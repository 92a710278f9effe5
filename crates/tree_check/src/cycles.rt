//! Definitions that lead to themselves.
ghost use Rattle.std.specs.Prelude.{◌≡◌, ◌+◌, ◌<◌, ◌++◌, [], length, map, false, All, IfOk, IfErr, OnOk};
ghost use Rattle.std.specs.Prelude.{slice_index_or};
ghost use Rattle.tree_check.specs.Said.{definitions, names};
ghost use Rattle.tree_check.specs.Found.{IsCycleFault};
ghost use Rattle.tree_check.specs.Checked.{places};
ghost use Rattle.tree_check.specs.Classes.{first};
ghost use Rattle.tree_check.specs.Examined.{AreParts, read_of};
ghost use Rattle.tree_check.specs.Marked.{marked_places};
ghost use Rattle.tree_check.specs.TreeOf.{numbers, input_lists, HasNoCycle, HasRanks, IsSurveyed};
ghost use Rattle.tree_check.specs.Numbered.{kinds, kept_inputs};
ghost use Rattle.tree_check.specs.Triggers.{Notes, AddsTriggers, HasTriggers, HasUnitDependents, IsGraphOf};
ghost use Rattle.tree_check.specs.Triggers.{dependents_of, written_gate};

use crate::gates::{drops_fdeps, is_fdep};
use crate::naming::definition;
use crate::numbered::{Numbered, NumberedGate, Parts};
use crate::{CheckCode, CheckFault};
use fault_words::{GateKind, Place};
use flat_rows::{GrowingList, Rows, empty_lists};
use galileo_tree::Statement;
use graph_cycles::{Survey, find_cycles};
use name_index::NameIndex;
use std::alloc::{AllocError, Global};

/// Numbers of nodes.
type NumberRow = GrowingList<usize>;

/// Notes a trigger at each of its dependents.
fn note(
    table: &mut Vec<NumberRow>,
    trigger: usize,
    dependents: &[Numbered],
) -> Result<(), AllocError>
    requires { All (λ dependent. dependent.number < length table.old.items) dependents.now }
    ensures { OnOk result (Notes trigger (numbers dependents.now) table.old.items table.new.items) }
{
    for dependent in dependents {
        table[dependent.number].push(trigger)?;
    }
    Ok(())
}

/// Notes what a gate triggers.
fn note_gate(table: &mut Vec<NumberRow>, gate: &NumberedGate) -> Result<(), AllocError>
    requires { All (λ dependent. dependent.number < length table.old.items) (dependents_of gate.now) }
    ensures { OnOk result (AddsTriggers (written_gate gate.now) table.old.items table.new.items) }
{
    match (gate.kind, gate.inputs.as_slice()) {
        (GateKind::Fdep, [trigger, dependents @ ..]) => note(table, trigger.number, dependents),
        _ => Ok(()),
    }
}

/// The triggers of each unit, in the row of its number.
fn trigger_table(
    alloc: Global,
    units: usize,
    gates: &[NumberedGate],
) -> Result<Vec<NumberRow>, AllocError>
    requires units { HasUnitDependents units gates.now }
    requires small { units + 1 < 18446744073709551616 }
    ensures { IfOk result (λ table. HasTriggers units (map written_gate gates.now) table.items) }
{
    let mut table = empty_lists(alloc, units + 1)?;
    for gate in gates {
        note_gate(&mut table, gate)?;
    }
    Ok(table)
}

/// The numbers of the inputs of a gate that are left after dropping, in a buffer.
fn keep_inputs(
    row: &mut Vec<usize>,
    units: usize,
    gates: &[NumberedGate],
    gate: &NumberedGate,
) -> Result<(), AllocError>
    ensures { OnOk result (row.new.items ≡ numbers (kept_inputs units (kinds gates.now) gate.now)) }
{
    row.clear();
    let drops = drops_fdeps(gate.kind);
    for input in gate.inputs.as_slice() {
        if !(drops && is_fdep(units, gates, input.number)) {
            row.push(input.number)?;
        }
    }
    Ok(())
}

fn add_units(graph: &mut Rows<usize>, table: &[NumberRow]) -> Result<(), AllocError>
    ensures { OnOk result (graph.new ≡ graph.old ++ table.now) }
{
    for row in table {
        graph.push(row.as_slice())?;
    }
    Ok(())
}

fn add_gates(
    alloc: Global,
    graph: &mut Rows<usize>,
    units: usize,
    gates: &[NumberedGate],
) -> Result<(), AllocError>
    ensures { OnOk result (graph.new ≡ graph.old ++ input_lists units gates.now) }
{
    let mut row = Vec::new(alloc);
    for gate in gates {
        keep_inputs(&mut row, units, gates, gate)?;
        graph.push(&row)?;
    }
    Ok(())
}

/// What each node reads, in the row of its number.
fn graph_of(alloc: Global, units: usize, gates: &[NumberedGate]) -> Result<Rows<usize>, AllocError>
    requires units { HasUnitDependents units gates.now }
    requires small { units + 1 < 18446744073709551616 }
    ensures { IfOk result (IsGraphOf units gates.now) }
{
    let table = trigger_table(alloc, units, gates)?;
    let mut graph = Rows::new(alloc);
    add_units(&mut graph, &table)?;
    add_gates(alloc, &mut graph, units, gates)?;
    Ok(graph)
}

/// The first definition of the text whose number is marked. Mostly none is, and then no name is looked up.
fn first_marked(index: &NameIndex<'_>, marks: &[bool], statements: &[Statement]) -> Option<Place>
    ensures { result ≡ first (marked_places marks.now index.now (definitions statements.now)) }
{
    if !marks.contains(&true) {
        return None;
    }
    for statement in statements {
        if let Some(definition) = definition(statement) {
            if is_marked(marks, index.number(&definition.name)) {
                return Some(definition.place);
            }
        }
    }
    None
}

fn is_marked(marks: &[bool], number: usize) -> bool
    ensures { result ≡ slice_index_or marks.now number false }
{
    marks.get(number).copied().unwrap_or(false)
}

/// Which nodes lead to themselves, and the ranks of the nodes where none does.
fn survey(alloc: Global, parts: Parts<'_>) -> Result<Survey, AllocError>
    requires parts { AreParts parts }
    requires dependents { places (read_of parts) CheckCode.DependentGate ≡ [] }
    ensures { IfOk result (λ s. IsSurveyed parts.entry.statements.now s.on_cycle.items s.ranks.items) }
{
    let graph = graph_of(alloc, parts.units, parts.gates)?;
    let survey = find_cycles(alloc, &graph);
    drop(graph);
    survey
}

/// The class of definitions that lead to themselves. Where there is none the nodes have ranks.
pub(crate) fn check_cycles(
    alloc: Global,
    index: &NameIndex<'_>,
    parts: Parts<'_>,
) -> Result<(), CheckFault>
    requires names { index.now ≡ names parts.statements.now }
    requires parts { AreParts parts }
    requires dependents { places (read_of parts) CheckCode.DependentGate ≡ [] }
    ensures acyclic { OnOk result (HasNoCycle parts.entry.statements.now) }
    ensures ranks { OnOk result (HasRanks parts.entry.statements.now) }
    ensures fault { IfErr result (IsCycleFault parts.entry.statements.now) }
{
    let survey = survey(alloc, parts)?;
    let marked = first_marked(index, &survey.on_cycle, parts.statements);
    drop(survey);
    match marked {
        Some(place) => Err(CheckFault::Fault(CheckCode::Cycle, place)),
        None => Ok(()),
    }
}
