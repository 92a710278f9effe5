//! The check of a text whose statements are read.
ghost use Rattle.std.specs.Prelude.{IfOk, IfErr};
ghost use Rattle.tree_check.specs.Checked.{IsRefusal, Stands};

use crate::assembly::assemble;
use crate::examining::examine;
use crate::fault::CheckFault;
use fault_model::Tree;
use galileo_tree::RawTree;
use std::alloc::Global;

/// The tree that the statements of a text stand for, or the first fault.
pub fn check(alloc: Global, raw: RawTree) -> Result<Tree, CheckFault>
    ensures tree { IfOk result (Stands raw) }
    ensures fault { IfErr result (IsRefusal raw) }
{
    let deck = examine(alloc, &raw)?;
    let parts = assemble(alloc, raw.into_statements(), &deck);
    drop(deck);
    let tree = Tree::new(alloc, parts?)?;
    Ok(tree)
}
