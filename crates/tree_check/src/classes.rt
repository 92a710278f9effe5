//! The classes of faults that a look at each statement or gate tells.
ghost use Rattle.std.specs.Prelude.{◌≡◌, take, IfErr, OnOk};
ghost use Rattle.tree_check.specs.Checked.{before_cycles, IsRefusal, NoneOf};
ghost use Rattle.tree_check.specs.Classes.{first};
ghost use Rattle.tree_check.specs.Examined.{AreParts, read_of};
ghost use Rattle.tree_check.specs.Tried.{told, NoneTold, FirstTold};

use crate::gates::{fdep_among, first_at_gates, name_after};
use crate::numbered::Parts;
use crate::statements::{replication, top_after, unit_after};
use crate::{CheckCode, CheckFault};
use fault_definitions::MOST_GATES;
use fault_words::Place;
use galileo_tree::RawTree;
use unit_sets::UnitNo;

/// The most basic events of a tree.
const MOST_UNITS: usize = UnitNo::MAX as usize;

/// The classes of the top statements.
pub(crate) fn check_tops(raw: &RawTree) -> Result<(), CheckFault>
    ensures none { OnOk result (NoneOf raw.now (take 2 before_cycles)) }
    ensures fault { IfErr result (IsRefusal raw.now) }
{
    let statements = raw.statements();
    if top_after(statements, 0).is_none() {
        return Err(CheckFault::Fault(CheckCode::NoToplevel, raw.end()));
    }
    match top_after(statements, 1) {
        Some(word) => Err(CheckFault::Fault(CheckCode::TwoToplevels, word)),
        None => Ok(()),
    }
}

/// The first place of a class.
fn first_place(code: CheckCode, parts: Parts<'_>) -> Option<Place>
    requires { AreParts parts }
    ensures { result ≡ first (told (read_of parts.entry) code) }
{
    match code {
        CheckCode::Votes
        | CheckCode::DummyInput
        | CheckCode::NoInputs
        | CheckCode::FdepShape
        | CheckCode::DependentGate
        | CheckCode::SpareNotBasic => first_at_gates(code, parts.units, parts.gates),
        CheckCode::Replicated => replication(parts.statements),
        CheckCode::TopIsFdep => fdep_among(parts.units, parts.gates, parts.tops),
        CheckCode::TooManyUnits => unit_after(parts.statements, MOST_UNITS),
        CheckCode::TooManyGates => name_after(parts.gates, MOST_GATES),
        _ => None,
    }
}

/// Tries some classes in their order.
pub(crate) fn try_classes(codes: &[CheckCode], parts: Parts<'_>) -> Result<(), CheckFault>
    requires { AreParts parts }
    ensures none { OnOk result (NoneTold (read_of parts.entry) codes.now) }
    ensures fault { IfErr result (FirstTold (read_of parts.entry) codes.now) }
{
    for code in codes {
        if let Some(place) = first_place(*code, parts) {
            return Err(CheckFault::Fault(*code, place));
        }
    }
    Ok(())
}
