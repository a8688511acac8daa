// The words of document 02, item 4, "The claim check tells us the truth it found", and the theory over them. There is no code here: specs/ has the definitions, proofs/ the
// laws and theorems, and this file the kind of answer that the call gives. What each case says in numbers stands in specs/Calls.antt.
#![tactic(auto)]

// What `claim` finds of a read that is not too long: yes; no, so many copies stand there; no, the motif is a shorter one of this length repeated; no, outside the read.
#[derive(Clone, Copy, Debug, PartialEq, Eq)]
pub enum Verdict {
    Yes,
    Copies(usize),
    Shorter(usize),
    Outside,
}
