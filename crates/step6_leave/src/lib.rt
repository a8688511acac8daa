// One position leaves its group for a part of it, in constant time: `take_out` takes it out of the links of its group, with the distances, and off
// the group's size, and makes it the group's tail; then `begin_part` or `join` gives it a part.
#![tactic(auto)]

ghost use Rattle.std.specs.Prelude.{◌≡◌, ◌+◌, ◌-◌, ◌≤◌, ◌<◌};
ghost use Rattle.words.specs.Reads.{at};
ghost use Rattle.step1_rows.specs.Rows.{row, put_at, Long, SIZE, PREV, DIST, TAIL};
ghost use Rattle.step3_lists.specs.Filed.{Heads, Changed};
ghost use Rattle.step6_leave.specs.Links.{joined};
ghost use Rattle.step6_leave.specs.Gone.{Leavable, Closed, Detached, Gone, begun_at, counted_at, Joinable};

use step1_rows::{DIST, MANY, PART, PREV, QUE, REST, SIZE, TAIL, load, store};
use step3_lists::change;

// d more than i, or none if d is 0: the position after a position, or the distance to it
fn next(i: u16, d: u16) -> u16
    requires { i + d ≤ 1000 }
    ensures { result ≡ joined i d }
{
    if d == 0 {
        return 0;
    }
    i + d
}

// p, which is before a position in its group, gets the distance to what is after that
fn bridge(a: &mut [[u16; 1000]; 12], w: u16, p: u16, d: u16)
    requires { Long a.old × Heads a.old × (1 ≤ p) × (p ≤ 1000) × (at (row a.old DIST) p + d ≤ 1000) }
    ensures { Changed w a.old a.new p (joined (at (row a.old DIST) p) d) }
{
    let e = load(a, DIST, p);
    change(a, w, p, next(e, d));
}

// the group k without i, seen from before: p is before i, and d the distance to what is after it
fn close(a: &mut [[u16; 1000]; 12], w: u16, k: u16, i: u16, p: u16, d: u16)
    requires { Leavable a.old k i × (p ≡ at (row a.old PREV) i) × (d ≡ at (row a.old DIST) i) }
    ensures { Closed w a.old a.new k i p d }
{
    if 0 < p {
        bridge(a, w, p, d);
    } else {
        store(a, REST, k, next(i, d));
    }
}

// the same, seen from after
fn detach(a: &mut [[u16; 1000]; 12], i: u16, p: u16, d: u16)
    requires { Long a.old × (1 ≤ i) × (i + d ≤ 1000) × (d ≡ at (row a.old DIST) i) }
    ensures { Detached a.old a.new i p d }
{
    if 0 < d {
        store(a, DIST, i, 0);
        store(a, PREV, i + d, p);
    }
}

// i leaves the links of its group k
fn leave(a: &mut [[u16; 1000]; 12], w: u16, k: u16, i: u16)
    requires { Leavable a.old k i }
    ensures { Gone w a.old a.new k i }
{
    let p = load(a, PREV, i);
    let d = load(a, DIST, i);
    close(a, w, k, i, p, d);
    detach(a, i, p, d);
}

// i leaves the group k of r positions in the step from width w, and is its tail
pub fn take_out(a: &mut [[u16; 1000]; 12], w: u16, k: u16, i: u16, r: u16)
    requires { Leavable a.old k i × (1 ≤ r) }
    ensures { Gone w (put_at (put_at a.old TAIL k i) SIZE k (r - 1)) a.new k i }
{
    store(a, TAIL, k, i);
    store(a, SIZE, k, r - 1);
    leave(a, w, k, i);
}

// i begins part number h
pub fn begin_part(a: &mut [[u16; 1000]; 12], h: u16, k: u16, i: u16)
    requires { (1 ≤ h) × (h ≤ 1000) × (1 ≤ k) × (k ≤ 1000) × (1 ≤ i) × (i ≤ 1000) }
    ensures { a.new ≡ begun_at a.old h k i }
{
    store(a, QUE, h, i);
    store(a, PART, k, i);
    store(a, MANY, i, 1);
    store(a, PREV, i, 0);
}

// i joins the part of its tail t
pub fn join(a: &mut [[u16; 1000]; 12], w: u16, k: u16, t: u16, i: u16)
    requires { Joinable a.old k t i }
    ensures { Changed w (counted_at a.old k t i) a.new t (i - t) }
{
    let c = load(a, PART, k);
    let z = load(a, MANY, c);
    store(a, MANY, c, z + 1);
    store(a, PREV, i, t);
    change(a, w, t, i - t);
}
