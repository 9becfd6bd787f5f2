// Tables of rows: each line a call, what it is made on, and what it has to answer.
#![tactic(auto)]

mod answers;
mod kind;
mod line;
mod refusals;
mod scene;
mod table;
mod told;

pub use table::judge_table;
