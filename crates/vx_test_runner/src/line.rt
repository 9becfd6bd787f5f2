// One line of a table.
use crate::answers::answer;
use crate::kind::Kind;
use crate::scene::Scene;
use std::alloc::Global;
use vx_test_support::{Judge, Judged, Unread};

impl Judge for Scene {
    type Unread = Unread;

    /// What the line comes to over the scene: a word that sets it, or a kind, its columns and the
    /// answer that is wanted, with bars between them.
    fn judge(&mut self, alloc: Global, line: &str) -> Result<Judged, Unread> {
        let (name, rest) = line.split_once('|').ok_or("no bar behind the kind")?;
        if self.set(alloc, name.trim(), rest.trim())? {
            return Ok(Judged::NoCall);
        }
        let kind = Kind::named(name.trim()).ok_or("no such kind")?;
        let mut columns = Vec::new(alloc);
        for column in rest.splitn(kind.columns().saturating_add(1), '|') {
            columns.push(column.trim())?;
        }
        let wanted = columns.pop().ok_or("no answer")?;
        let got = answer(alloc, kind, self, columns.as_slice())?;
        if got.as_str() == wanted {
            return Ok(Judged::Right);
        }
        Ok(Judged::Differs(got))
    }
}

####################

(Exercise prompt) Of the entries above, repeat exactly the lines from the line with "let graph = graph_of(alloc, parts.units, parts.gates)?;" through the line with "filename crates/tree_check/src/classes.rt", both of them included.

(Output of the task)
    let graph = graph_of(alloc, parts.units, parts.gates)?;
    let survey = find_cycles(alloc, &graph);
    drop(graph);
    survey
}

/// The class of definitions that lead to themselves. Where there is none the nodes have ranks.
pub(crate) fn check_cycles(
    alloc: Global,
    index: &NameIndex<'_>,
    parts: Parts<'_>,
) -> Result<(), CheckFault>
    requires names { index.now ≡ names parts.statements.now }
    requires parts { AreParts parts }
    requires dependents { places (read_of parts) CheckCode.DependentGate ≡ [] }
    ensures acyclic { OnOk result (HasNoCycle parts.entry.statements.now) }
    ensures ranks { OnOk result (HasRanks parts.entry.statements.now) }
    ensures fault { IfErr result (IsCycleFault parts.entry.statements.now) }
{
    let survey = survey(alloc, parts)?;
    let marked = first_marked(index, &survey.on_cycle, parts.statements);
    drop(survey);
    match marked {
        Some(place) => Err(CheckFault::Fault(CheckCode::Cycle, place)),
        None => Ok(()),
    }
}
repository 92a710278f9effe5
//! The check of a text whose statements are read.
ghost use Rattle.std.specs.Prelude.{IfOk, IfErr};
ghost use Rattle.tree_check.specs.Checked.{IsRefusal, Stands};

use crate::assembly::assemble;
use crate::examining::examine;
use crate::fault::CheckFault;
use fault_model::Tree;
use galileo_tree::RawTree;
use std::alloc::Global;

/// The tree that the statements of a text stand for, or the first fault.
pub fn check(alloc: Global, raw: RawTree) -> Result<Tree, CheckFault>
    ensures tree { IfOk result (Stands raw) }
    ensures fault { IfErr result (IsRefusal raw) }
{
    let deck = examine(alloc, &raw)?;
    let parts = assemble(alloc, raw.into_statements(), &deck);
    drop(deck);
    let tree = Tree::new(alloc, parts?)?;
    Ok(tree)
}
filename crates/tree_check/src/classes.rt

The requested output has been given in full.